Segment Start: THE INPUT
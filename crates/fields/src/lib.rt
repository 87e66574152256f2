// The pieces of a text: where each ends, and what it says.
#![tactic(auto)]

mod ends;
mod numbers;
mod sets;
mod words;

pub use ends::{find, first_line};
pub use numbers::number_in;
pub use sets::set_in;
pub use words::bare;
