// Messages: what they hold, and when they can't be.
ghost use Rattle.std.specs.Prelude.{◌≡◌};
ghost use Rattle.records.specs.Messages.{kind_of, strange_message};

use crate::rounds::no_round;
use nodes::{Node, Round};

// How many kinds there are.
const KINDS: u64 = 4;

#[derive(Clone, Copy, Debug, PartialEq, Eq)]
pub enum Kind {
    Notify,
    Grant,
    Ack,
    Done,
}

// A message as it is handed in: any number may stand for its kind.
#[derive(Clone, Copy, Debug, PartialEq, Eq)]
pub struct Message {
    pub kind: u64,
    pub from: Node,
    pub to: Node,
    pub round: Round,
}

// The kind of a number; past the kinds, where no message is accepted, the last.
pub fn kind_of(number: u64) -> Kind
    ensures { result ≡ kind_of number }
{
    match number {
        0 => Kind::Notify,
        1 => Kind::Grant,
        2 => Kind::Ack,
        _ => Kind::Done,
    }
}

impl Message {
    // Number 13, of a message.
    #[tactic(auto, unfolding(crate::specs::Messages::strange_message, nodes::specs::Sets::no_node))]
    pub fn strange(self, nodes: usize) -> bool
        ensures { result ≡ strange_message nodes self }
    {
        KINDS <= self.kind || nodes <= self.from.0 || nodes <= self.to.0 || no_round(self.round)
    }
}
Segment End: THE INPUT
EXERCISE REQUIREMENTS: All of the entries are to be set down again without alteration.

ANSWER SPACE:
filename crates/fields/src/lib.rt
repository 87e66574152256f2
// The pieces of a text: where each ends, and what it says.
#![tactic(auto)]

mod ends;
mod numbers;
mod sets;
mod words;

pub use ends::{find, first_line};
pub use numbers::number_in;
pub use sets::set_in;
pub use words::bare;
// Messages: what they hold, and when they can't be.
ghost use Rattle.std.specs.Prelude.{◌≡◌};
ghost use Rattle.records.specs.Messages.{kind_of, strange_message};

use crate::rounds::no_round;
use nodes::{Node, Round};

// How many kinds there are.
const KINDS: u64 = 4;

#[derive(Clone, Copy, Debug, PartialEq, Eq)]
pub enum Kind {
    Notify,
    Grant,
    Ack,
    Done,
}

// A message as it is handed in: any number may stand for its kind.
#[derive(Clone, Copy, Debug, PartialEq, Eq)]
pub struct Message {
    pub kind: u64,
    pub from: Node,
    pub to: Node,
    pub round: Round,
}

// The kind of a number; past the kinds, where no message is accepted, the last.
pub fn kind_of(number: u64) -> Kind
    ensures { result ≡ kind_of number }
{
    match number {
        0 => Kind::Notify,
        1 => Kind::Grant,
        2 => Kind::Ack,
        _ => Kind::Done,
    }
}

impl Message {
    // Number 13, of a message.
    #[tactic(auto, unfolding(crate::specs::Messages::strange_message, nodes::specs::Sets::no_node))]
    pub fn strange(self, nodes: usize) -> bool
        ensures { result ≡ strange_message nodes self }
    {
        KINDS <= self.kind || nodes <= self.from.0 || nodes <= self.to.0 || no_round(self.round)
    }
}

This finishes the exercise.